[Work instructions]: Take every line from the data that has the word "type" in it.

[Data extracts]:
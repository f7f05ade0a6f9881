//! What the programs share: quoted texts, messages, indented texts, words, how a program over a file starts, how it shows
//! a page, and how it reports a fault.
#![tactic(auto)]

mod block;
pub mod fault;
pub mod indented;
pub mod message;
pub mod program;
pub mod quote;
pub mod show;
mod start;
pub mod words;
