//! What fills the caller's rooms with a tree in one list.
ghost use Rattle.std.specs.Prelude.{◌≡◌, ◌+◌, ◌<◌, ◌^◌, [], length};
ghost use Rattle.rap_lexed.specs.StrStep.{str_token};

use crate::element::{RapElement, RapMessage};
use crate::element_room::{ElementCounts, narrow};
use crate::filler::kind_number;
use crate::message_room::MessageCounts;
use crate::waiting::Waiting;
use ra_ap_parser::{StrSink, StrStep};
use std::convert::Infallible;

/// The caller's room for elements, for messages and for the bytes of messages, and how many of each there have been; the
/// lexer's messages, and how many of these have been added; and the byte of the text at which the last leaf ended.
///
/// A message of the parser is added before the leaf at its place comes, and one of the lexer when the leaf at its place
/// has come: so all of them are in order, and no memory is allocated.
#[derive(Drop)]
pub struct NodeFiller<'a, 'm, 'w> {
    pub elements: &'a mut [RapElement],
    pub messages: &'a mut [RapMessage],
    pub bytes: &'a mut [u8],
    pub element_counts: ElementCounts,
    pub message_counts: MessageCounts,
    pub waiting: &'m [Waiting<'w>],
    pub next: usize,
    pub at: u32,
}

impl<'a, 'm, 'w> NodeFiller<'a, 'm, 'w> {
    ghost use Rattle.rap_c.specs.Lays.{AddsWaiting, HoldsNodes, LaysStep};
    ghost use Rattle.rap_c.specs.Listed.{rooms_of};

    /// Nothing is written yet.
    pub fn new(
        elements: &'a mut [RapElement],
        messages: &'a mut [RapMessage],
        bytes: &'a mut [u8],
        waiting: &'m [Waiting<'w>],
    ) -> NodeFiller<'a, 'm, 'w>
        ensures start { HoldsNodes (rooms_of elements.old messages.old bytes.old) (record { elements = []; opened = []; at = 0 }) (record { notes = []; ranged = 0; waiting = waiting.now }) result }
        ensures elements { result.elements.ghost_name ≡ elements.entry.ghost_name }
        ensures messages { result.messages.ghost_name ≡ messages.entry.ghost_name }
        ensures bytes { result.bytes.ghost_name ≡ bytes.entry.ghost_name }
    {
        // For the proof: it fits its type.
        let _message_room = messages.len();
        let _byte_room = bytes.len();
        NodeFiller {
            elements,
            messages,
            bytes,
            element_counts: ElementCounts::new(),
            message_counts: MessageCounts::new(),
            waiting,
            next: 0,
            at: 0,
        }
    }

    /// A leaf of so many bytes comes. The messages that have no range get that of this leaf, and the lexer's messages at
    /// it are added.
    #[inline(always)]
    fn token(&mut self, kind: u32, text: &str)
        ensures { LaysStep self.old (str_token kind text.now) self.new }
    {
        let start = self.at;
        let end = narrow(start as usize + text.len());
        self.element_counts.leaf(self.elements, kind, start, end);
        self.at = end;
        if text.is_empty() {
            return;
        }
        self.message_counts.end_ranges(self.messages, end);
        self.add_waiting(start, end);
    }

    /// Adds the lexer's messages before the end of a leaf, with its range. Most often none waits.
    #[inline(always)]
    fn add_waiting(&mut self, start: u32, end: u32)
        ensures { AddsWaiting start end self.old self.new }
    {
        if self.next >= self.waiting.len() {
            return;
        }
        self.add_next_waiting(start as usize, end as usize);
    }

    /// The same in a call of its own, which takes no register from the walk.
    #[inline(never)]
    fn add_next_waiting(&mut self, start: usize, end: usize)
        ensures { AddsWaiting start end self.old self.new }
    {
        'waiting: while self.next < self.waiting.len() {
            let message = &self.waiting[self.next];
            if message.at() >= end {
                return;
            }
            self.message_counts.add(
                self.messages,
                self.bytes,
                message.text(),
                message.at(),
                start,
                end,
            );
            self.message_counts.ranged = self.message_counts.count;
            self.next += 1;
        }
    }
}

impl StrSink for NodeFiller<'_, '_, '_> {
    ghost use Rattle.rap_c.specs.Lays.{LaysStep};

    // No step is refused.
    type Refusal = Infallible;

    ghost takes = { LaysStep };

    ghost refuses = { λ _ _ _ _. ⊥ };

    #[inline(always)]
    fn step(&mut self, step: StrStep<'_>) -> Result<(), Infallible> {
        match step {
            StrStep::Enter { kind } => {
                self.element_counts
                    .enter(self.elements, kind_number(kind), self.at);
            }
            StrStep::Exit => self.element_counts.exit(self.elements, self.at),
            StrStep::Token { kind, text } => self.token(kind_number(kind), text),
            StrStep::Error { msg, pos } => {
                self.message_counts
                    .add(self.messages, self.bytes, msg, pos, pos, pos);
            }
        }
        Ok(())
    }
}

...

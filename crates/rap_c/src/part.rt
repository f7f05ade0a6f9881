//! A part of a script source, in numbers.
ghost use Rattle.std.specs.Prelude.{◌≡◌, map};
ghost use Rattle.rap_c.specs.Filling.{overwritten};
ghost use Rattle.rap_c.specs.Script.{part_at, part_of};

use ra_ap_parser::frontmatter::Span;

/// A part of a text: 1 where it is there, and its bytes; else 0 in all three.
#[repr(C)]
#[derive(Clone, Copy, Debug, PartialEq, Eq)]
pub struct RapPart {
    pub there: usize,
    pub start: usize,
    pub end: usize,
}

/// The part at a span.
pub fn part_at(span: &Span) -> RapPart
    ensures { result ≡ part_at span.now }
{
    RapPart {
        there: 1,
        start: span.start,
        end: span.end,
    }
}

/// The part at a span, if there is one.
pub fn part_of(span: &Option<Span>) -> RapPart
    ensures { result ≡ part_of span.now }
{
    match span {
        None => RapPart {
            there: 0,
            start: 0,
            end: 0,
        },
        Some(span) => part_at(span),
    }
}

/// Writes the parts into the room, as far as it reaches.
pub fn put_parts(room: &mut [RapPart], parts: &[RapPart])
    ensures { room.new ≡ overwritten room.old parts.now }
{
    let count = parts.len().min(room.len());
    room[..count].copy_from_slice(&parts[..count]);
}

==

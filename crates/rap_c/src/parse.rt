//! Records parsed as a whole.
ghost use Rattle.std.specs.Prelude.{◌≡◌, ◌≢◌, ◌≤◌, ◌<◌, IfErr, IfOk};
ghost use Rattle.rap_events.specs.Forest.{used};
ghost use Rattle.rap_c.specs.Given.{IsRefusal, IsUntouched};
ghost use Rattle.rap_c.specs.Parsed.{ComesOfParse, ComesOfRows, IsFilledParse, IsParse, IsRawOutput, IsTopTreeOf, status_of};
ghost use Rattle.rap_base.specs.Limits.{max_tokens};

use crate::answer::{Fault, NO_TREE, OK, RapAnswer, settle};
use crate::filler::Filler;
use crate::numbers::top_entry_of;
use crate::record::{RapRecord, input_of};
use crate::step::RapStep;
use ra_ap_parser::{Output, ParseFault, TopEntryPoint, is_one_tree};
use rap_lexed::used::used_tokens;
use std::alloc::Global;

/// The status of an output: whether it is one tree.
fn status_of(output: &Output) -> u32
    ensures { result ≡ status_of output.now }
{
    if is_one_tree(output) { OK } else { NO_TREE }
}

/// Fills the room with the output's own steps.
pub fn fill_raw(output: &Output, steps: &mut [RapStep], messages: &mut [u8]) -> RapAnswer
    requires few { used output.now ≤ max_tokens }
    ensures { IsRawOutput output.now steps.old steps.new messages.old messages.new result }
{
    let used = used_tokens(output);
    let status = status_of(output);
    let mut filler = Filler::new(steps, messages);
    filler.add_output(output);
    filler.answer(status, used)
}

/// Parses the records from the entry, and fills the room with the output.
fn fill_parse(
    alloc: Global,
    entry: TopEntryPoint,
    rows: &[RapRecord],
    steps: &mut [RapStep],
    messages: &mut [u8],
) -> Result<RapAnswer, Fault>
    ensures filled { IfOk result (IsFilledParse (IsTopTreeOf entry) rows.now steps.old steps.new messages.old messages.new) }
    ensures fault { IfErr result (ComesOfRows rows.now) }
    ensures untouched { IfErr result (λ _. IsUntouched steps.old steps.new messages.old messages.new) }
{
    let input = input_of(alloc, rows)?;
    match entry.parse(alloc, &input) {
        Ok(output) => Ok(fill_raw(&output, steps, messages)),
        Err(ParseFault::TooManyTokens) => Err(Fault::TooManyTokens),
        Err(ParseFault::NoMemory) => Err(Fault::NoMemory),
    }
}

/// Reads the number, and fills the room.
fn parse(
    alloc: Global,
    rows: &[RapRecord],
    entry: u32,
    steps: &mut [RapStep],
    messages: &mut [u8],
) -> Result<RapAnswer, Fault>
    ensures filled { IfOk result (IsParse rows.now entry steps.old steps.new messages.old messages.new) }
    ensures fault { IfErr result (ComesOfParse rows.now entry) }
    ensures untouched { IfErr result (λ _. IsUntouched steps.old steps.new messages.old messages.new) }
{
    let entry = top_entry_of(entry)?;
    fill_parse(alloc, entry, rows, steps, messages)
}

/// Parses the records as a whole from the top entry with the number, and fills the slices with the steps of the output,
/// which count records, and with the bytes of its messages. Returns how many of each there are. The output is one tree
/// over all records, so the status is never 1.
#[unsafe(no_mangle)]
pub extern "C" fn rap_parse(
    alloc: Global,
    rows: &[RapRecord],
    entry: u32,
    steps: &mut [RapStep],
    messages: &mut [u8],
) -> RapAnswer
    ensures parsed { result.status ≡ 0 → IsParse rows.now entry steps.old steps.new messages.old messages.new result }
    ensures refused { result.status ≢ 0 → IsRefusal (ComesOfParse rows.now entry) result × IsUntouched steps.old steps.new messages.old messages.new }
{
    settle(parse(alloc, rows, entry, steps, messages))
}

[Solution to this problem]:
        // For the proof: it fits its type.
    type Refusal = Infallible;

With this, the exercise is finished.